And to set the stage here, Masay Yoshi-san, I've met with him, actually when I went to Tokyo,
I met with him two hours, two times back-to-back, three hours each time.
I mean, he is an intense guy.
And he loves ideas and he loves whiteboarding.
But am I correct that Adam showed up late for his meeting with Masayoshi-san?
And do you know if this happened in New York or in Tokyo?
The other way around, actually, Masa was late.
Masa was late.
Masa was late. He had an interesting day in New York.
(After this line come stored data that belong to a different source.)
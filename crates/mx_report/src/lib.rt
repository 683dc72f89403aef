//! Runs of a machine, and what is printed of them.
#![tactic(auto)]

mod cursor;
mod driving;
mod observing;
mod registers;
mod reports;
mod traces;

pub use cursor::Cursor;
pub use driving::{Driven, drive};
pub use mx_io::Memory;
pub use observing::{Observer, Reached, observe};
pub use registers::registers_of;
pub use reports::{Dump, push_counts, report};
pub use traces::trace_line;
This was December of 2016,
which, if we can go back to that moment almost four years ago, Donald Trump had just been elected president.
And the reason Masa was in New York was to meet with Donald Trump, basically in hopes of currying favor with the Trump administration for a variety of things that saw...
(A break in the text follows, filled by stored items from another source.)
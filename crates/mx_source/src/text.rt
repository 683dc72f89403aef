//! A text, statement by statement.
ghost use Rattle.std.specs.Prelude.{◌≡◌, ◌++◌, ◌∷◌, [], OnOk, codes};

use crate::mnemonic::operation_name;
use itoa::Buffer;
use mx_isa::{Inst, Op, Reg};
use std::alloc::{AllocError, Global};
use std::marker::Model;

/// What stands between the commas of a statement.
#[derive(Clone, Copy)]
pub(crate) enum Operand<'a> {
    Register(Reg),
    Immediate(i32),
    Count(u8),
    Memory { offset: i32, base: Reg },
    Md,
    Name(&'a [u8]),
    Word(u32),
}

/// A text that grows.
#[derive(Drop)]
pub(crate) struct Text {
    bytes: Vec<u8>,
}

impl Model for Text {
    ghost use Rattle.std.specs.Prelude.{ℕ, List};

    ghost Value = { List ℕ };

    ghost view = { λ t. t.bytes.items };
}

impl Text {
    ghost use Rattle.std.specs.Prelude.{decimal};
    ghost use Rattle.std.specs.Fmt.{signed_decimal};
    ghost use Rattle.mx_source.specs.Printed.{register, memory, spelled, compute_text, instruction_text};
    ghost use Rattle.mx_source.specs.Statements.{IsPlain};
    ghost use Rattle.mx_source.specs.Operands.{operand_text};

    /// The empty text.
    pub(crate) fn new(alloc: Global) -> Text
        ensures { result ≡ [] }
    {
        Text {
            bytes: Vec::new(alloc),
        }
    }

    /// Its bytes.
    pub(crate) fn into_bytes(self) -> Vec<u8>
        ensures { result.items ≡ self }
    {
        let Text { bytes } = self;
        bytes
    }

    /// Appends bytes.
    pub(crate) fn put(&mut self, bytes: &[u8]) -> Result<(), AllocError>
        ensures { OnOk result (self.new ≡ self.old ++ bytes.now) }
    {
        self.bytes.extend_from_slice(bytes)
    }

    /// Appends a number.
    fn number(&mut self, n: u32) -> Result<(), AllocError>
        ensures { OnOk result (self.new ≡ self.old ++ decimal n) }
    {
        self.put(Buffer::new().format(n).as_bytes())
    }

    /// Appends a number with its sign.
    fn signed(&mut self, n: i32) -> Result<(), AllocError>
        ensures { OnOk result (self.new ≡ self.old ++ signed_decimal n) }
    {
        self.put(Buffer::new().format(n).as_bytes())
    }

    /// Appends a register.
    fn register(&mut self, r: Reg) -> Result<(), AllocError>
        ensures { OnOk result (self.new ≡ self.old ++ register r) }
    {
        self.put(b"r")?;
        self.number(r.number().into())
    }

    /// Appends an operand.
    fn operand(&mut self, operand: &Operand) -> Result<(), AllocError>
        ensures { OnOk result (self.new ≡ self.old ++ operand_text operand.now) }
    {
        match operand {
            Operand::Register(r) => self.register(*r),
            Operand::Immediate(n) => {
                self.put(b"#")?;
                self.signed(*n)
            }
            Operand::Count(n) => {
                self.put(b"#")?;
                self.number((*n).into())
            }
            Operand::Memory { offset, base } => self.memory(*offset, *base),
            Operand::Md => self.put(b"md"),
            Operand::Name(name) => self.put(name),
            Operand::Word(n) => self.number(*n),
        }
    }

    /// Appends an offset and its base.
    fn memory(&mut self, offset: i32, base: Reg) -> Result<(), AllocError>
        ensures { OnOk result (self.new ≡ self.old ++ memory offset base) }
    {
        self.signed(offset)?;
        self.put(b"[")?;
        self.register(base)?;
        self.put(b"]")
    }

    /// Appends a mnemonic and an operand.
    pub(crate) fn one(&mut self, mnemonic: &[u8], a: &Operand) -> Result<(), AllocError>
        ensures { OnOk result (self.new ≡ self.old ++ spelled mnemonic.now (operand_text a.now ∷ [])) }
    {
        self.put(mnemonic)?;
        self.put(b" ")?;
        self.operand(a)
    }

    /// Appends a mnemonic and two operands.
    pub(crate) fn two(
        &mut self,
        mnemonic: &[u8],
        a: &Operand,
        b: &Operand,
    ) -> Result<(), AllocError>
        ensures { OnOk result (self.new ≡ self.old ++ spelled mnemonic.now (operand_text a.now ∷ operand_text b.now ∷ [])) }
    {
        self.one(mnemonic, a)?;
        self.put(b",")?;
        self.operand(b)
    }

    /// Appends a mnemonic and three operands.
    pub(crate) fn three(
        &mut self,
        mnemonic: &[u8],
        a: &Operand,
        b: &Operand,
        c: &Operand,
    ) -> Result<(), AllocError>
        ensures { OnOk result (self.new ≡ self.old ++ spelled mnemonic.now (operand_text a.now ∷ operand_text b.now ∷ operand_text c.now ∷ [])) }
    {
        self.two(mnemonic, a, b)?;
        self.put(b",")?;
        self.operand(c)
    }

    /// Appends a mnemonic and four operands.
    pub(crate) fn four(
        &mut self,
        mnemonic: &[u8],
        a: &Operand,
        b: &Operand,
        c: &Operand,
        d: &Operand,
    ) -> Result<(), AllocError>
        ensures { OnOk result
            (self.new ≡ self.old ++ spelled mnemonic.now (operand_text a.now ∷ operand_text b.now ∷ operand_text c.now ∷ operand_text d.now ∷ [])) }
    {
        self.three(mnemonic, a, b, c)?;
        self.put(b",")?;
        self.operand(d)
    }

    /// Appends a compute instruction.
    fn compute(&mut self, op: Op, a: Reg, b: Reg, dest: Reg) -> Result<(), AllocError>
        ensures { OnOk result (self.new ≡ self.old ++ compute_text op a b dest) }
    {
        let (first, second, last) = (
            &Operand::Register(a),
            &Operand::Register(b),
            &Operand::Register(dest),
        );
        let name = operation_name(op).as_bytes();
        match op {
            Op::Not => self.two(name, first, last),
            Op::Mstart => self.two(name, second, last),
            Op::Asr(n) => self.three(name, first, &Operand::Count(n), last),
            Op::Sh(n) => self.four(name, first, second, &Operand::Count(n), last),
            Op::Add
            | Op::Sub
            | Op::Subnc
            | Op::And
            | Op::Or
            | Op::Xor
            | Op::Bic
            | Op::Rotlb
            | Op::Mstep
            | Op::Dstep => self.three(name, first, second, last),
        }
    }

    /// Appends an instruction that is a statement as it is.
    pub(crate) fn instruction(&mut self, inst: &Inst) -> Result<(), AllocError>
        requires { IsPlain inst.now }
        ensures { OnOk result (self.new ≡ self.old ++ instruction_text inst.now) }
    {
        match inst {
            Inst::Load { base, dest, offset } => self.two(
                b"ld",
                &Operand::Memory {
                    offset: *offset,
                    base: *base,
                },
                &Operand::Register(*dest),
            ),
            Inst::Store {
                base,
                value,
                offset,
            } => self.two(
                b"st",
                &Operand::Memory {
                    offset: *offset,
                    base: *base,
                },
                &Operand::Register(*value),
            ),
            Inst::Compute { a, dest, b, op } => self.compute(*op, *a, *b, *dest),
            Inst::Addi { a, dest, imm } => self.three(
                b"addi",
                &Operand::Register(*a),
                &Operand::Immediate(*imm),
                &Operand::Register(*dest),
            ),
            Inst::MoveFrom { dest, .. } => {
                self.two(b"movfrs", &Operand::Md, &Operand::Register(*dest))
            }
            Inst::MoveTo { a, .. } => self.two(b"movtos", &Operand::Register(*a), &Operand::Md),
            _ => unreachable!(),
        }
    }
}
Well, was this the whole lobby thing where everybody during that like two-month period before the inauguration was going to kiss the ring and the law.
Bobby and Masayoshi.
Oh God, that was so brutal to watch everybody go kiss the ring.
And then I think Masayoshi's song comes out with like some like piece of the PowerPoint and holds it up and Trump had signed it or something.
I can't remember.
Yeah, it was like it was a piece of paper saying I'm, I may butcher these numbers, but something to the effect of we want to invest 50 billion dollars to create X amount of jobs.
We're going to do it in the next four years in the United States, convenient.
tied to the term of at least one presidential term.
Interesting.
I wonder actually if you go back and look at how much he invested if it actually turned
out to be $50 billion.
I think it's definitely,
it's definitely tens of billions,
that's for sure.
If there's an interesting,
among all the things I had to do for this book,
one question I wanted to look back on and haven't yet.
So if there's any enterprising journalists out there or anyone who wants to tally up how
much SoftBank actually invested in the United States, how many jobs were created because that was
the promise. And I'd be curious to see what the answer actually is. Yeah, it's definitely not,
it might be half. It's not small. Yeah. It's not small. So that was the crazy day. So he gets,
yeah. So he, he, he meets, he meets Trump and, and, and, and then he has this meeting with Adam. And
and they had met very briefly at a, at a conference in India, um, earlier in the year, a startup conference
where Adam spoke.
But this was really the first time that Masa had even been in a WeWork.
He kind of knew about the business, but it wasn't something that SoftBank thought about.
They were a tech company.
The Vision Fund, which they had just started, was focused on artificial intelligence.
It was not focused on real estate.
And so, yeah, Masa came for this quick tour.
Adam took him to WeWorks R&D Lab to kind of show the techy side of the company.
and, you know, these were things like a smart phone booth that, you know,
change temperatures or a desk that automatically went up and down.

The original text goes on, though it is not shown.